What standards govern the actions and decisions of the board of directors?

Aside from requirements stated in the articles of incorporation, bylaws, and detailed governance provisions laid out in the previously-referenced laws, boards of directors owe fiduciary duties to the corporation. Fiduciary duties include a duty to act in good faith in all actions, a duty of loyalty, and a duty of care.

What is a Directors’ Duty of Care?

Directors owe a duty of care to the corporation. The duty of care requires officers and directors to act in the best interests of the corporation and to use the same care that an ordinarily prudent person would exercise in a similar situation. This standard is similar to a negligence standard in tort cases. The duty of care requires that directors make decisions in line with three principles:

  • Legality– Generally, decisions by directors that violate the law also breach a duty of care to the corporation.
    • Note: This is true even if the illegal action is taken for the benefit of the corporation.
  • Rational Business Purpose– Directors must make decisions, particularly those committing resources of the corporation, based upon a rational business purpose. Most courts assume that decisions made by directors are based upon a rational business purpose.
    • Note: This is a very low standard, as any action could constitute a rational purpose.
  • Informed Decision Making – Managers must take reasonable steps to research or seek information about a situation before making a decision or taking action. An informed decision that harms the company will generally not result in liability for the director if not done recklessly or with the intention of harming the corporation.

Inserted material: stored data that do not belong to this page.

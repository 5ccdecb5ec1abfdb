//! Entering a statement into a store of records.
ghost use Rattle.registers.specs.Stores.{StoreEnters};

use crate::store::{Store, holds};
use record::Record;
use refusal::{Ground, Refusal};

// Enters `r`: appends it where it is a new statement and there is room.
pub(crate) fn enter<S: Store>(store: &mut S, r: &Record) -> Result<(), Refusal>
    ensures { StoreEnters S.Store store.old r.now result store.new }
{
    if !r.keeps_layout() {
        return Err(Ground::Layout.into());
    }
    if holds(store.records(), r) {
        return Ok(());
    }
    if store.is_full() {
        return Err(Ground::RegisterFull.into());
    }
    store.append(*r);
    Ok(())
}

What is a Director’s Duty of Loyalty?

Managers have an obligation to act in the best interest of the corporation and without personal conflict of interest. More specifically, directors cannot take actions or make decisions that benefit themselves at the expense of the corporation. The duty of loyalty protects against self-dealing and usurping of corporate opportunities by directors.

  • Self-Dealing – If a director engages in self-dealing, she may be liable to the corporation for damages resulting from the action. The business judgment rule does not protect directors from liability for self-serving actions; however, corporate law does not entirely prohibit self-serving transactions. The court is charged with determining whether a transaction constitutes self-dealing and should lead to liability for the director. An affirmative answer to any of the following inquiries may avoid director liability for an otherwise inappropriate transaction:
  • Director Approval– Was the directors action reviewed and approved by a majority of independent directors?
    • Note: An approval vote from disinterested directors makes it more likely to not constitute self dealing, but it is not determinative.
  • Shareholder Approval– Did the disinterested shareholders approve it?
    • Note: If the transaction is approved by a majority of disinterested shareholders, it will not be considered self dealing. The reasoning is that shareholders are those sought to be protected. Shareholders can vote to approve transactions that limit their own benefits?
  • Fairness– Is the transaction fair to the corporation? That is, the corporation must not lose or forgo a right or benefit at the expense of the directors action. The court will look to determine whether the value provided to the corporation was reasonable in comparison to the value gained by the directors.
    • Example: I am director of ABC Corp. The board is in search of land to construct a new manufacturing facility. I purchase a parcel of land that would work perfectly and immediately sell it to the corporation for a huge profit. Several members of the board approved the transaction, but the board did not submit it for shareholder approval. This is obviously a self-serving transaction. If the transaction is later challenged by shareholders, the court will closely evaluate whether the purchase price and other terms of service were fair to the corporation.
  • Corporate Opportunity – The corporate opportunity doctrine prohibits officers, directors, and controlling shareholders from excluding their company from favorable deals. This generally means that directors cannot compete with the corporation. Competing means providing a good or service that the corporation provides. Competing with the corporation may also include providing a good or service to a prospective customer or client of the corporation where the client originally approached the corporation for that good or service.

How Should Directors Handle a Corporate Opportunity?

A Director may avoid liability to the corporation by showing:

  • Offer to Corporation – The director offered any opportunity to the corporation and a majority of disinterested directors or shareholders agreed to turn down or not pursue the opportunity; or
  • Not a Corporate Opportunity – The alleged opportunity was either not an opportunity at all or the corporation generally had no right or claim to it.

Example: I am a director of ABC Corporation. ABC provides tax and auditing services to clients. If a current client approaches the corporation about payroll services, I cannot provide those services to the client personally without offering it to the corporation. It would equally be a violation of my duty of loyalty if I personally offer tax and auditing services to the public while sitting on ABC’s board.